# MEMBERS EXPERIENCES > OVER 40 FORUM >  Continuous HRT vs. Cycling

## woodiechopper

for a middle aged man, is it better to do continuous HRT (10 weeks on at lowish doses, followed by 3 weeks off) or to cycle (12 weeks on, 12 weeks off) at higher doses? Objectives are to gain and maintain lean muscle mass, rather than to just bulk up.

What would be the maximum dose during the continuous HRT?

----------


## Rocket

I do HRT test e 200mg every 2 weeks do about two cycles a year dr. told me not to take any time off HRT!

----------


## woodiechopper

let me understand...you do 200mg test enanthate every 2 weeks and stop for a few weeks during the year. Or you do the 200mg continuously and do two additional cycles on top?

----------


## darmadoc

Generally, the amount of test in a cycle is so high compared to HRT; you aren't really stopping, even though you go off the prescribed HRT during the cycle.

----------


## Rocket

Or you do the 200mg continuously and do two additional cycles on top?

That one!

----------


## woodiechopper

Rocket --

1) is your normal test level below normal so the 200mg just returns you to around normal?

2) what cycles do you run and for how long?

Thanks.

----------


## Rocket

Yes my Test levels are low so the 200mg brings them up to normal. I have done a few different cycles. Test E and EQ with Dbol . Test E with Fina and D Bol.

----------


## AAJB

My doc says stay on and never come off, so far I have been on for a year straight with no problems. Levels are fairly high 800 to 1000. I have cycled twice in the past year, but never came off.

----------


## Milestone

Woodiechopper do you need HRT whats your test levels or are youjust doing for the added advantages of a higher test level ??

----------


## woodiechopper

I need it. When originally tested they were around 300nl total and only 3% free.

----------


## MMA

> for a middle aged man, is it better to do continuous HRT (10 weeks on at lowish doses, followed by 3 weeks off) or to cycle (12 weeks on, 12 weeks off) at higher doses? Objectives are to gain and maintain lean muscle mass, rather than to just bulk up.
> 
> What would be the maximum dose during the continuous HRT?


the only downside to continuous HRT is that if you ever have to come off you'll probably be permanently shut down. HRT is great...as long as u don't have to stop.

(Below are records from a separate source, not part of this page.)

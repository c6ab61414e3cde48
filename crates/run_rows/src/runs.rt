//! Runs over objects in memory.
ghost use Rattle.std.specs.Prelude.{◌<◌};

use smithy_commands::run;
use smithy_outside::{
    MemoryFiles, MemorySink, MemorySource, Sink, Source, SteadySink, SteadySource,
};
use smithy_rows::{Field, Row, Rows};
use std::alloc::{AllocError, Global};
use std::collections::BTreeMap;

// What a sink keeps at most.
const ROOM: usize = 4096;

// The words of a command, with a blank between them.
fn words_of(alloc: Global, text: &str) -> Result<Vec<String>, AllocError> {
    let mut words = Vec::new(alloc);
    for word in text.split(' ') {
        words.push(word.to_string(alloc)?)?;
    }
    Ok(words)
}

// The number in the line with this word.
fn number(row: &Row, word: &str) -> Option<u64> {
    row.text(word)?.parse::<u64>().ok()
}

// The most bytes that a call moves by this line; without it, many.
fn piece(row: &Row, word: &str) -> usize
    ensures { 0 < result }
{
    let piece = number(row, word).unwrap_or(4096).max(1);
    usize::try_from(piece).unwrap_or(4096).max(1)
}

// The most bytes that standard output keeps; without the line, those of `ROOM`.
fn room(row: &Row) -> usize {
    let Some(room) = number(row, "room") else {
        return ROOM;
    };
    usize::try_from(room).unwrap_or(ROOM)
}

// The number of the call that fails by this line, if there is one.
fn failing(alloc: Global, row: &Row, word: &str) -> Result<Vec<u64>, AllocError> {
    let mut calls = Vec::new(alloc);
    if let Some(call) = number(row, word) {
        calls.push(call)?;
    }
    Ok(calls)
}

// Adds the file that has the name of a line and holds its bytes, if the row has the line.
fn add_file(
    alloc: Global,
    entries: &mut BTreeMap<String, Vec<u8>>,
    row: &Row,
    word: &str,
) -> Result<(), AllocError> {
    if let Some(bytes) = row.bytes(word) {
        entries.insert(word.to_string(alloc)?, bytes.to_vec(alloc)?)?;
    }
    Ok(())
}

// The files of a run: at the path `t` a table of the rows, or the bytes of the line `file`, and those of `first` and `second`.
fn files_of(alloc: Global, rows: &Rows, row: &Row) -> Result<MemoryFiles, AllocError> {
    let table = rows.table(row.text("table").unwrap_or("")).unwrap_or("");
    let bytes = row.bytes("file").unwrap_or(table.as_bytes());
    let mut entries = BTreeMap::new(alloc);
    entries.insert("t".to_string(alloc)?, bytes.to_vec(alloc)?)?;
    add_file(alloc, &mut entries, row, "first")?;
    add_file(alloc, &mut entries, row, "second")?;
    Ok(MemoryFiles::new(entries, failing(alloc, row, "fail-files")?))
}

/// The lines for what standard error took: a whole line without its line feed, or a part of one.
pub fn lines_of(alloc: Global, err: &MemorySink) -> Result<Vec<Field>, AllocError> {
    let mut fields = Vec::new(alloc);
    match err.bytes.strip_suffix(b"\n") {
        Some(line) => fields.push(Field::new(alloc, "error", line)?)?,
        None => {
            if !err.bytes.is_empty() {
                fields.push(Field::new(alloc, "error-part", &err.bytes)?)?;
            }
        }
    }
    if err.faults > 0 {
        let faults = format!(in alloc; "{}", err.faults)?;
        fields.push(Field::new(alloc, "error-faults", faults.as_bytes())?)?;
    }
    Ok(fields)
}

// Runs the program over this input and output, and tells its status and what standard error took.
fn status_and_error<S: Source, K: Sink>(
    alloc: Global,
    rows: &Rows,
    row: &Row,
    input: &mut S,
    out: &mut K,
) -> Result<(Field, Vec<Field>), AllocError> {
    let words = words_of(alloc, row.text("run").unwrap_or(""))?;
    let mut files = files_of(alloc, rows, row)?;
    let told = piece(row, "error-piece");
    let mut err = MemorySink::new(alloc, told, ROOM, failing(alloc, row, "fail-error")?)?;
    let status = run(alloc, &words, &mut files, input, out, &mut err);
    let number = format!(in alloc; "{status}")?;
    let field = Field::new(alloc, "status", number.as_bytes())?;
    Ok((field, lines_of(alloc, &err)?))
}

// The lines of an answer, in their order.
fn answered(
    alloc: Global,
    status: Field,
    output: &[u8],
    is_lost: bool,
    error: Vec<Field>,
) -> Result<Vec<Field>, AllocError> {
    let mut fields = Vec::new(alloc);
    fields.push(status)?;
    if !output.is_empty() {
        fields.push(Field::new(alloc, "output", output)?)?;
    }
    if is_lost {
        fields.push(Field::new(alloc, "lost", b"")?)?;
    }
    for field in error {
        fields.push(field)?;
    }
    Ok(fields)
}

// A run over an input and an output that never fail.
fn ended_steadily(alloc: Global, rows: &Rows, row: &Row) -> Result<Vec<Field>, AllocError> {
    let bytes = row.bytes("input").unwrap_or(b"").to_vec(alloc)?;
    let moved = piece(row, "piece");
    let mut input = SteadySource::new(bytes, moved);
    let mut out = SteadySink::new(alloc, moved, room(row))?;
    let (status, error) = status_and_error(alloc, rows, row, &mut input, &mut out)?;
    answered(alloc, status, &out.bytes, out.lost, error)
}

/// Runs the program, and tells its status, what standard output took, and what standard error took.
pub fn ended(alloc: Global, rows: &Rows, row: &Row) -> Result<Vec<Field>, AllocError> {
    if row.text("steady").is_some() {
        return ended_steadily(alloc, rows, row);
    }
    let bytes = row.bytes("input").unwrap_or(b"").to_vec(alloc)?;
    let moved = piece(row, "piece");
    let mut input = MemorySource::new(bytes, moved, failing(alloc, row, "fail-input")?);
    let mut out = MemorySink::new(alloc, moved, room(row), failing(alloc, row, "fail-output")?)?;
    let (status, error) = status_and_error(alloc, rows, row, &mut input, &mut out)?;
    answered(alloc, status, &out.bytes, false, error)
}
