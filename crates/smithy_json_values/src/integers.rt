//! Integers, as the settings have them read.

ghost use Rattle.std.specs.Prelude.{◌≡◌, ◌≤◌, ℕ, ℤ, length, IfSome, IfNone, true, false};
ghost use Rattle.smithy_json_values.specs.Codec.{held_settings};
ghost use Rattle.smithy_json_values.specs.LexicalGrammar.{grammar_of};
ghost use Rattle.smithy_json_values.specs.Private.NumberAtPlace.{IntegerStands};
ghost use Rattle.smithy_json_values.specs.Private.ScalarAtPlace.{IntegerLies};

use crate::number_runs::{NumberSort, number_end_of};
use smithy_json_grammar::number_grammar::scan_number_of;
use smithy_json_grammar::number_run::{integral_number, read_signed};
use smithy_json_grammar::number_text::read_long;
use smithy_json_grammar::scan::skip_blanks;
use smithy_json_settings::Settings;

// The whole number of 64 bits that the number of the grammar at the offset writes, with its end.
#[inline(never)]
fn whole_of_grammar(input: &[u8], start: usize, settings: &Settings) -> Option<(i64, usize)>
    requires within { start ≤ length input.now }
    requires strict { (held_settings settings.now).enforce_strictness ≡ true }
    requires whole { (held_settings settings.now).allow_integral_float_numbers ≡ false }
    ensures found { IfSome result (λ r. IntegerStands (held_settings settings.now) input.now start r.1 r.0) }
    ensures none { IfNone result ((n : ℤ) (e : ℕ) → IntegerStands (held_settings settings.now) input.now start e n → ⊥) }
{
    scan_number_of(settings.numbers, input, start)?;
    read_signed(input, start)
}

// The whole number of 64 bits that the number of the grammar at the offset is equal to, with its end.
#[inline(never)]
fn integral_of_grammar(input: &[u8], start: usize, settings: &Settings) -> Option<(i64, usize)>
    requires within { start ≤ length input.now }
    requires integral { (held_settings settings.now).allow_integral_float_numbers ≡ true }
    ensures found { IfSome result (λ r. IntegerStands (held_settings settings.now) input.now start r.1 r.0) }
    ensures none { IfNone result ((n : ℤ) (e : ℕ) → IntegerStands (held_settings settings.now) input.now start e n → ⊥) }
{
    let end = number_end_of(NumberSort::OfGrammar, input, start, settings)?;
    let number = integral_number(&input[start..end])?;
    Some((number, end))
}

// The integer of 64 bits at the offset, with its end: a number of the grammar that is equal to a whole one, or that is one, or where
// nothing is strict a sign and digits, whatever comes behind them but a byte of numbers.
#[inline(never)]
fn any_integer(input: &[u8], start: usize, settings: &Settings) -> Option<(i64, usize)>
    requires { start ≤ length input.now }
    ensures found { IfSome result (λ r. IntegerStands (held_settings settings.now) input.now start r.1 r.0) }
    ensures none { IfNone result ((n : ℤ) (e : ℕ) → IntegerStands (held_settings settings.now) input.now start e n → ⊥) }
{
    if settings.allow_integral_float_numbers {
        return integral_of_grammar(input, start, settings);
    }
    if !settings.enforce_strictness {
        return read_signed(input, start);
    }
    whole_of_grammar(input, start, settings)
}

// The same, with the call in a function of its own: what it takes of the stack is set to zero where it is needed alone.
#[inline(always)]
fn rare_integer(input: &[u8], start: usize, settings: &Settings) -> Option<(i64, usize)>
    requires { start ≤ length input.now }
    ensures found { IfSome result (λ r. IntegerStands (held_settings settings.now) input.now start r.1 r.0) }
    ensures none { IfNone result ((n : ℤ) (e : ℕ) → IntegerStands (held_settings settings.now) input.now start e n → ⊥) }
{
    let found = any_integer(input, start, settings)?;
    Some(found)
}

// The integer of 64 bits at the offset, with its end. A whole number of RFC 8259 is read in line, as it is one under all settings.
#[inline(always)]
fn standing_integer(input: &[u8], start: usize, settings: &Settings) -> Option<(i64, usize)>
    requires { start ≤ length input.now }
    ensures found { IfSome result (λ r. IntegerStands (held_settings settings.now) input.now start r.1 r.0) }
    ensures none { IfNone result ((n : ℤ) (e : ℕ) → IntegerStands (held_settings settings.now) input.now start e n → ⊥) }
{
    if let Some(plain) = read_long(input, start) {
        return Some(plain);
    }
    rare_integer(input, start, settings)
}

/// The integer of 64 bits that comes first behind blanks, with its end.
pub fn integer_at(input: &[u8], at: usize, settings: &Settings) -> Option<(i64, usize)>
    requires { at ≤ length input.now }
    ensures found { IfSome result (λ r. IntegerLies (grammar_of (held_settings settings.now)) (held_settings settings.now) 64 input.now at r.0 r.1) }
    ensures none { IfNone result ((n : ℤ) (e : ℕ) → IntegerLies (grammar_of (held_settings settings.now)) (held_settings settings.now) 64 input.now at n e → ⊥) }
{
    standing_integer(input, skip_blanks(input, at), settings)
}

HRT is for life

----------


## MrMondodondo

If you are on HRT you do not need to come off.

If you are actually on HRT then why worry about shut-down????

----------


## Pale Horse

I never come off, I will when i die........

----------


## MrMondodondo

> I never come off, I will when i die........



Exactly!.

----------


## seanw

> I never come off, I will when i die........


Vic why are you on HRT at 39. Were your test levels really that low ?

----------


## MrMondodondo

Yes. vic actually should be a woman! Hence, why he is called M.I.L.F.........

----------


## BASK8KACE

> the only downside to continuous HRT is that if you ever have to come off you'll probably be permanently shut down. HRT is great...as long as u don't have to stop. HRT is for life


Vic,
If someone has been prescribed HRT legally and for the right reasons, then he is probably hypogonadal--his testosterone levels were so low in the first place that being shut down hard really doesn't matter.

----------


## ***xxx***

btw:I would rather inject 100 mg every week then 200mg every 2 weeks. this will keep ur blood levels more stable.

----------


## BASK8KACE

> the 200mg just returns you to around normal?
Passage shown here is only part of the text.